## What this task involves
Count, in the entries, the lines with "Writes". Answer with the number only.

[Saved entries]
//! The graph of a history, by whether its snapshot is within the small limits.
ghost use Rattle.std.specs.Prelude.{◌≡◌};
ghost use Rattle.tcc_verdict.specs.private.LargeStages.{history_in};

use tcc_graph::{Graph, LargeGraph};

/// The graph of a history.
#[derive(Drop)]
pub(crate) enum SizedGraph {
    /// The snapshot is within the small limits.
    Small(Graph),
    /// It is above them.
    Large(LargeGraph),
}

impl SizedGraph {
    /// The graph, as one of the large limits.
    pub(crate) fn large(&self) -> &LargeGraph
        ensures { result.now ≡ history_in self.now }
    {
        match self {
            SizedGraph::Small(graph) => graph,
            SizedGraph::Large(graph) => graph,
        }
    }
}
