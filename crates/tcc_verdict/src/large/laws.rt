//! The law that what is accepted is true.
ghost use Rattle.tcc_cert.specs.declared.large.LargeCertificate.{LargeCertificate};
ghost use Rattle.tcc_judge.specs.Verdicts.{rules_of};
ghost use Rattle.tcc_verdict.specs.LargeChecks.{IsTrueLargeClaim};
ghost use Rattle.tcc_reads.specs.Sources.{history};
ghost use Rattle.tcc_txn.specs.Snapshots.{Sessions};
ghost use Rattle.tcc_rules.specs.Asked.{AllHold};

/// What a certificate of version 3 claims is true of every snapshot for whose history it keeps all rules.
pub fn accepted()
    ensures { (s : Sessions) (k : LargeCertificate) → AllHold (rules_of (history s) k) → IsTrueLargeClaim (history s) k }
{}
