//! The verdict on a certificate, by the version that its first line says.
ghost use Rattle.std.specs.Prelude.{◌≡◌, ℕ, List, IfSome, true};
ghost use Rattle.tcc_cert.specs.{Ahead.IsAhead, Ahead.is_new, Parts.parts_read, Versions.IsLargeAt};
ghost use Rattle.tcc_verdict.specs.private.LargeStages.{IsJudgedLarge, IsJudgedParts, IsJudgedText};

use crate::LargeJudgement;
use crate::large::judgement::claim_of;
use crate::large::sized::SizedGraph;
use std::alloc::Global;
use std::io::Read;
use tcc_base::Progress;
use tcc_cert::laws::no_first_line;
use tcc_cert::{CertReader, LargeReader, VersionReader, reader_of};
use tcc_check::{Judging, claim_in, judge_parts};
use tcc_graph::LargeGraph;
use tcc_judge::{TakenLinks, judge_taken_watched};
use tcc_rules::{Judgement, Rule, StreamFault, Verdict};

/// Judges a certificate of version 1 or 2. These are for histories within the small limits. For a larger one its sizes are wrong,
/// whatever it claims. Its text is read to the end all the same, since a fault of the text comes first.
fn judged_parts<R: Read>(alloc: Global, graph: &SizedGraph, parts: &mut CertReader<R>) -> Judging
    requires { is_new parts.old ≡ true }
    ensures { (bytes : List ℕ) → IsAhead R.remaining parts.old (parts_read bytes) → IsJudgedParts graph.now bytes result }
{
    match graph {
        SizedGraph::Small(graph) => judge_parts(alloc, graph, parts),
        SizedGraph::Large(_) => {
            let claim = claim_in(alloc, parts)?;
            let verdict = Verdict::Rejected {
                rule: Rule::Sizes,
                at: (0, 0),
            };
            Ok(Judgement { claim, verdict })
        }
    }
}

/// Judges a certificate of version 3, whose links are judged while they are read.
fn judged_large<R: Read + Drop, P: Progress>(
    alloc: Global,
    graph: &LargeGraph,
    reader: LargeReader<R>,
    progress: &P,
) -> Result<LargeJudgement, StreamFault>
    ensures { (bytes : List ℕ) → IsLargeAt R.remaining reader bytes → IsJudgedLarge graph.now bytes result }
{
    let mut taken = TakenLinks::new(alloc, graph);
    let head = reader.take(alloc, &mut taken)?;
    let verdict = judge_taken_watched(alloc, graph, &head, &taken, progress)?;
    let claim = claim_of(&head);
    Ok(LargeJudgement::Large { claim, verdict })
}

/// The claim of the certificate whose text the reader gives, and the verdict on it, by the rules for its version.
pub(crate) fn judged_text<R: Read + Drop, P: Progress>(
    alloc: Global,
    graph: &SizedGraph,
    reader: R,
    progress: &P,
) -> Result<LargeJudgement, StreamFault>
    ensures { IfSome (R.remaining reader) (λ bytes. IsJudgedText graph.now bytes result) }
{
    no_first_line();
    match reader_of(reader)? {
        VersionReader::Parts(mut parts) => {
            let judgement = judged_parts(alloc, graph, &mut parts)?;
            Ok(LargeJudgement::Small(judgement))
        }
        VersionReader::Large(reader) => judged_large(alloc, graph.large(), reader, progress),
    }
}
==
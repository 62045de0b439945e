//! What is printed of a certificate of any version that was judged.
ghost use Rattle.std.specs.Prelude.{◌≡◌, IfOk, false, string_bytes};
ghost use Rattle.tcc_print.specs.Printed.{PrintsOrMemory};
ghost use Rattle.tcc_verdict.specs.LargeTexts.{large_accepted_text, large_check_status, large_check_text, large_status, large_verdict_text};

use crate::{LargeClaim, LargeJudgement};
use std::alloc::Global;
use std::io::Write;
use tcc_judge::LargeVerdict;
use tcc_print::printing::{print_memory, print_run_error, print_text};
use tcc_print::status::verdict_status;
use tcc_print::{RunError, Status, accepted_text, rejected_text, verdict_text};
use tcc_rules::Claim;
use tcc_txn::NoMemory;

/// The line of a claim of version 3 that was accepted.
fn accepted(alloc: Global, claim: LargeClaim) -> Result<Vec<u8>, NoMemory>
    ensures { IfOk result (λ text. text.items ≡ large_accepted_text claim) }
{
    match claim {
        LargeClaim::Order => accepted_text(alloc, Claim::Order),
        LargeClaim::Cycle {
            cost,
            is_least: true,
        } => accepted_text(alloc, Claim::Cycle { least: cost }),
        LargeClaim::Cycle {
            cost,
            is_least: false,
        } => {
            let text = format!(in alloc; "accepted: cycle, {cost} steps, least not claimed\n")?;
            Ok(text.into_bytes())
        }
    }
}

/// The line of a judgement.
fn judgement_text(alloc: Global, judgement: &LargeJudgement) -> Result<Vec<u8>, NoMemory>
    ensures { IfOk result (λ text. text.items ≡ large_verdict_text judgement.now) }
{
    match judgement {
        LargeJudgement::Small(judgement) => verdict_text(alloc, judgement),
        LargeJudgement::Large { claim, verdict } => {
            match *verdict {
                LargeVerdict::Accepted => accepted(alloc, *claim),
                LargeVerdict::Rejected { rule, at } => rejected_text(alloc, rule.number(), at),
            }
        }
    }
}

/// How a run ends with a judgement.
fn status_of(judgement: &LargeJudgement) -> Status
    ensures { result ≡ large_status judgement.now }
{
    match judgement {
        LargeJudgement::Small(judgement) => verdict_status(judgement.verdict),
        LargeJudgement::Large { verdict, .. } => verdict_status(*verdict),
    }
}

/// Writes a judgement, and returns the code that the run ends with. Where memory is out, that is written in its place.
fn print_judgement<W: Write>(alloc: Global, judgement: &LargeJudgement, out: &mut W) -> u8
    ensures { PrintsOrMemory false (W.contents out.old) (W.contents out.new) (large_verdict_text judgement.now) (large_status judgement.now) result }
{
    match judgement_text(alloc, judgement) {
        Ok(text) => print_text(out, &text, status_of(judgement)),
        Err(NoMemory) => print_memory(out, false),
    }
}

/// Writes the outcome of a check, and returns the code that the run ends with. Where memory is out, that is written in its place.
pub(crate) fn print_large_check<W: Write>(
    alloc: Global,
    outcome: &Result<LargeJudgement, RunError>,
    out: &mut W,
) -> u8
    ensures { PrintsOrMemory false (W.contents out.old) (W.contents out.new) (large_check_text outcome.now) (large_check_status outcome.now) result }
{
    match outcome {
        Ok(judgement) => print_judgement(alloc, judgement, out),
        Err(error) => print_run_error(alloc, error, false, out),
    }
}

## Task solution
2